[Collected data entries]
|---|

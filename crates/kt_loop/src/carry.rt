//! Carrying a calculation on with the records that a reader reads.
//! The rules: docs/STREAMS.md, "Tools over streams".
ghost use Rattle.std.specs.Prelude.{◌≡◌, ℕ, List, Option, Some, None, IfOk, OnOk};
ghost use Rattle.kt_out.specs.InputFiles.{InputsState};
ghost use Rattle.kt_stream.specs.Header.{IsHead};
ghost use Rattle.kt_stream.specs.Reader.{IsPlaced, held};
ghost use Rattle.kt_ends.specs.declared.status.Refusal.{Refusal};
ghost use Rattle.kt_loop.specs.Calculation.{Course, opened, took, took_all};
ghost use Rattle.kt_loop.specs.Carrying.{carried, header_if};
ghost use Rattle.kt_loop.specs.Counts.{Counts};
ghost use Rattle.kt_loop.specs.Reading.{ReadsAll};
ghost use Rattle.kt_loop.specs.Steps.{Stands, Comes};

use crate::record_reader::read_records;
use crate::spill::spill;
use crate::stage::Stage;
use kt_ends::ToolStop;
use kt_money::Bytes;
use kt_out::Sink;
use kt_stream::{Entry, Head, Next, Placed, RecordReader, StreamStop};

/// Where so many bytes are pending they are written, so that the memory is bounded whatever the stream.
const SPILL: usize = 65_536;

/// Opens a stage.
fn open_stage<E: Entry, W, T: Stage<E, W>, K: Sink>(
    stage: &mut T,
    beside: &mut W,
    head: Head,
    sink: &K,
    out: &mut Bytes,
) -> Result<(), ToolStop>
    requires header { IsHead (T.shape stage.old).kind head }
    requires ready { T.is_ready None stage.old beside.old }

    ensures course { (before : Option (List ℕ)) (course : Course T.State Refusal) → Stands (λ state. T.is_at state stage.old beside.old) before (K.state sink.now).taken out.old course → Comes (λ state. T.is_at state stage.new beside.new) before (K.state sink.now).taken out.new (opened T.calculation head course) result }
    ensures ready { OnOk result (T.is_ready (Some head) stage.new beside.new) }
    ensures shape { T.shape stage.new ≡ T.shape stage.old }
    ensures counted { (others : InputsState) → Counts (T.inputs others beside.old) (T.inputs others beside.new) (K.state sink.now).faults (K.state sink.now).faults result }
{
    stage.open(beside, head, out)
}

/// Takes one record, and writes what is pending where that is much.
fn take_one<E: Entry, W, T: Stage<E, W>, K: Sink>(
    stage: &mut T,
    beside: &mut W,
    head: Head,
    placed: &Placed<E>,
    sink: &mut K,
    out: &mut Bytes,
) -> Result<(), ToolStop>
    requires header { IsHead (T.shape stage.old).kind head }
    requires good { IsPlaced E E.form E.IsGood (T.shape stage.old) head placed.now }
    requires ready { T.is_ready (Some head) stage.old beside.old }

    ensures course { (before : Option (List ℕ)) (course : Course T.State Refusal) → Stands (λ state. T.is_at state stage.old beside.old) before (K.state sink.old).taken out.old course → Comes (λ state. T.is_at state stage.new beside.new) before (K.state sink.new).taken out.new (took T.calculation head course placed.now) result }
    ensures ready { OnOk result (T.is_ready (Some head) stage.new beside.new) }
    ensures shape { T.shape stage.new ≡ T.shape stage.old }
    ensures counted { (others : InputsState) → Counts (T.inputs others beside.old) (T.inputs others beside.new) (K.state sink.old).faults (K.state sink.new).faults result }
{
    if let Err(stop) = stage.take(beside, head, placed, out) {
        return Err(stop);
    }
    if out.len() < SPILL {
        return Ok(());
    }
    spill(sink, out)
}

/// Takes all records that are still to be read, one after the other: what refuses the stream behind them, if anything does.
fn take_held<E: Entry, W, T: Stage<E, W>, K: Sink>(
    reader: &mut RecordReader<E>,
    stage: &mut T,
    beside: &mut W,
    head: Head,
    sink: &mut K,
    out: &mut Bytes,
) -> Result<Option<StreamStop>, ToolStop>
    requires header { IsHead (T.shape stage.old).kind head }
    requires told { reader.old.shape ≡ T.shape stage.old }
    requires known { reader.old.head ≡ Some head }
    requires ready { T.is_ready (Some head) stage.old beside.old }

    ensures course { (before : Option (List ℕ)) (course : Course T.State Refusal) → Stands (λ state. T.is_at state stage.old beside.old) before (K.state sink.old).taken out.old course → Comes (λ state. T.is_at state stage.new beside.new) before (K.state sink.new).taken out.new (took_all T.calculation head course (held E.form reader.old)) result }
    ensures read { IfOk result (λ stop. ReadsAll E.form reader.old stop reader.new) }
    ensures ready { OnOk result (T.is_ready (Some head) stage.new beside.new) }
    ensures shape { T.shape stage.new ≡ T.shape stage.old }
    ensures counted { (others : InputsState) → Counts (T.inputs others beside.old) (T.inputs others beside.new) (K.state sink.old).faults (K.state sink.new).faults result }
{
    'records: loop {
        let next = match reader.advance() {
            Ok(next) => next,
            Err(_) => return Err(ToolStop::NoMemory),
        };
        match next {
            Next::Record => {
                if let Err(stop) = take_one(stage, beside, head, reader.record(), sink, out) {
                    return Err(stop);
                }
            }
            Next::Rest => return Ok(None),
            Next::Stop(stop) => return Ok(Some(stop)),
        }
    }
}

/// Carries on with all that the reader reads: opens the stage where the header is there and was not before, and takes
/// the records. Answers what refuses the stream behind them, if anything does.
pub(crate) fn carry_on<E: Entry, W, T: Stage<E, W>, K: Sink>(
    was_open: bool,
    reader: &mut RecordReader<E>,
    stage: &mut T,
    beside: &mut W,
    sink: &mut K,
    out: &mut Bytes,
) -> Result<Option<StreamStop>, ToolStop>
    requires told { reader.old.shape ≡ T.shape stage.old }
    requires ready { T.is_ready (header_if was_open reader.old.head) stage.old beside.old }

    ensures course { (before : Option (List ℕ)) (course : Course T.State Refusal) → Stands (λ state. T.is_at state stage.old beside.old) before (K.state sink.old).taken out.old course → Comes (λ state. T.is_at state stage.new beside.new) before (K.state sink.new).taken out.new (carried T.calculation was_open reader.old.head course (held E.form reader.old)) result }
    ensures read { IfOk result (λ stop. ReadsAll E.form reader.old stop reader.new) }
    ensures ready { OnOk result (T.is_ready reader.new.head stage.new beside.new) }
    ensures shape { T.shape stage.new ≡ T.shape stage.old }
    ensures counted { (others : InputsState) → Counts (T.inputs others beside.old) (T.inputs others beside.new) (K.state sink.old).faults (K.state sink.new).faults result }
{
    let Some(head) = reader.head() else {
        return match read_records(reader) {
            Ok(stop) => Ok(stop),
            Err(_) => Err(ToolStop::NoMemory),
        };
    };
    if was_open {
        return take_held(reader, stage, beside, head, sink, out);
    }
    if let Err(stop) = open_stage(stage, beside, head, sink, out) {
        return Err(stop);
    }
    take_held(reader, stage, beside, head, sink, out)
}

|---|

Work instruction: Each line of the data must be retyped exactly.

Written answer:
filename crates/kt_loop/src/carry.rt
//! Carrying a calculation on with the records that a reader reads.
//! The rules: docs/STREAMS.md, "Tools over streams".
ghost use Rattle.std.specs.Prelude.{◌≡◌, ℕ, List, Option, Some, None, IfOk, OnOk};
ghost use Rattle.kt_out.specs.InputFiles.{InputsState};
ghost use Rattle.kt_stream.specs.Header.{IsHead};
ghost use Rattle.kt_stream.specs.Reader.{IsPlaced, held};
ghost use Rattle.kt_ends.specs.declared.status.Refusal.{Refusal};
ghost use Rattle.kt_loop.specs.Calculation.{Course, opened, took, took_all};
ghost use Rattle.kt_loop.specs.Carrying.{carried, header_if};
ghost use Rattle.kt_loop.specs.Counts.{Counts};
ghost use Rattle.kt_loop.specs.Reading.{ReadsAll};
ghost use Rattle.kt_loop.specs.Steps.{Stands, Comes};

use crate::record_reader::read_records;
use crate::spill::spill;
use crate::stage::Stage;
use kt_ends::ToolStop;
use kt_money::Bytes;
use kt_out::Sink;
use kt_stream::{Entry, Head, Next, Placed, RecordReader, StreamStop};

/// Where so many bytes are pending they are written, so that the memory is bounded whatever the stream.
const SPILL: usize = 65_536;

/// Opens a stage.
fn open_stage<E: Entry, W, T: Stage<E, W>, K: Sink>(
    stage: &mut T,
    beside: &mut W,
    head: Head,
    sink: &K,
    out: &mut Bytes,
) -> Result<(), ToolStop>
    requires header { IsHead (T.shape stage.old).kind head }
    requires ready { T.is_ready None stage.old beside.old }

    ensures course { (before : Option (List ℕ)) (course : Course T.State Refusal) → Stands (λ state. T.is_at state stage.old beside.old) before (K.state sink.now).taken out.old course → Comes (λ state. T.is_at state stage.new beside.new) before (K.state sink.now).taken out.new (opened T.calculation head course) result }
    ensures ready { OnOk result (T.is_ready (Some head) stage.new beside.new) }
    ensures shape { T.shape stage.new ≡ T.shape stage.old }
    ensures counted { (others : InputsState) → Counts (T.inputs others beside.old) (T.inputs others beside.new) (K.state sink.now).faults (K.state sink.now).faults result }
{
    stage.open(beside, head, out)
}

/// Takes one record, and writes what is pending where that is much.
fn take_one<E: Entry, W, T: Stage<E, W>, K: Sink>(
    stage: &mut T,
    beside: &mut W,
    head: Head,
    placed: &Placed<E>,
    sink: &mut K,
    out: &mut Bytes,
) -> Result<(), ToolStop>
    requires header { IsHead (T.shape stage.old).kind head }
    requires good { IsPlaced E E.form E.IsGood (T.shape stage.old) head placed.now }
    requires ready { T.is_ready (Some head) stage.old beside.old }

    ensures course { (before : Option (List ℕ)) (course : Course T.State Refusal) → Stands (λ state. T.is_at state stage.old beside.old) before (K.state sink.old).taken out.old course → Comes (λ state. T.is_at state stage.new beside.new) before (K.state sink.new).taken out.new (took T.calculation head course placed.now) result }
    ensures ready { OnOk result (T.is_ready (Some head) stage.new beside.new) }
    ensures shape { T.shape stage.new ≡ T.shape stage.old }
    ensures counted { (others : InputsState) → Counts (T.inputs others beside.old) (T.inputs others beside.new) (K.state sink.old).faults (K.state sink.new).faults result }
{
    if let Err(stop) = stage.take(beside, head, placed, out) {
        return Err(stop);
    }
    if out.len() < SPILL {
        return Ok(());
    }
    spill(sink, out)
}

/// Takes all records that are still to be read, one after the other: what refuses the stream behind them, if anything does.
fn take_held<E: Entry, W, T: Stage<E, W>, K: Sink>(
    reader: &mut RecordReader<E>,
    stage: &mut T,
    beside: &mut W,
    head: Head,
    sink: &mut K,
    out: &mut Bytes,
) -> Result<Option<StreamStop>, ToolStop>
    requires header { IsHead (T.shape stage.old).kind head }
    requires told { reader.old.shape ≡ T.shape stage.old }
    requires known { reader.old.head ≡ Some head }
    requires ready { T.is_ready (Some head) stage.old beside.old }

    ensures course { (before : Option (List ℕ)) (course : Course T.State Refusal) → Stands (λ state. T.is_at state stage.old beside.old) before (K.state sink.old).taken out.old course → Comes (λ state. T.is_at state stage.new beside.new) before (K.state sink.new).taken out.new (took_all T.calculation head course (held E.form reader.old)) result }
    ensures read { IfOk result (λ stop. ReadsAll E.form reader.old stop reader.new) }
    ensures ready { OnOk result (T.is_ready (Some head) stage.new beside.new) }
    ensures shape { T.shape stage.new ≡ T.shape stage.old }
    ensures counted { (others : InputsState) → Counts (T.inputs others beside.old) (T.inputs others beside.new) (K.state sink.old).faults (K.state sink.new).faults result }
{
    'records: loop {
        let next = match reader.advance() {
            Ok(next) => next,
            Err(_) => return Err(ToolStop::NoMemory),
        };
        match next {
            Next::Record => {
                if let Err(stop) = take_one(stage, beside, head, reader.record(), sink, out) {
                    return Err(stop);
                }
            }
            Next::Rest => return Ok(None),
            Next::Stop(stop) => return Ok(Some(stop)),
        }
    }
}

/// Carries on with all that the reader reads: opens the stage where the header is there and was not before, and takes
/// the records. Answers what refuses the stream behind them, if anything does.
pub(crate) fn carry_on<E: Entry, W, T: Stage<E, W>, K: Sink>(
    was_open: bool,
    reader: &mut RecordReader<E>,
    stage: &mut T,
    beside: &mut W,
    sink: &mut K,
    out: &mut Bytes,
) -> Result<Option<StreamStop>, ToolStop>
    requires told { reader.old.shape ≡ T.shape stage.old }
    requires ready { T.is_ready (header_if was_open reader.old.head) stage.old beside.old }

    ensures course { (before : Option (List ℕ)) (course : Course T.State Refusal) → Stands (λ state. T.is_at state stage.old beside.old) before (K.state sink.old).taken out.old course → Comes (λ state. T.is_at state stage.new beside.new) before (K.state sink.new).taken out.new (carried T.calculation was_open reader.old.head course (held E.form reader.old)) result }
    ensures read { IfOk result (λ stop. ReadsAll E.form reader.old stop reader.new) }
    ensures ready { OnOk result (T.is_ready reader.new.head stage.new beside.new) }
    ensures shape { T.shape stage.new ≡ T.shape stage.old }
    ensures counted { (others : InputsState) → Counts (T.inputs others beside.old) (T.inputs others beside.new) (K.state sink.old).faults (K.state sink.new).faults result }
{
    let Some(head) = reader.head() else {
        return match read_records(reader) {
            Ok(stop) => Ok(stop),
            Err(_) => Err(ToolStop::NoMemory),
        };
    };
    if was_open {
        return take_held(reader, stage, beside, head, sink, out);
    }
    if let Err(stop) = open_stage(stage, beside, head, sink, out) {
        return Err(stop);
    }
    take_held(reader, stage, beside, head, sink, out)
}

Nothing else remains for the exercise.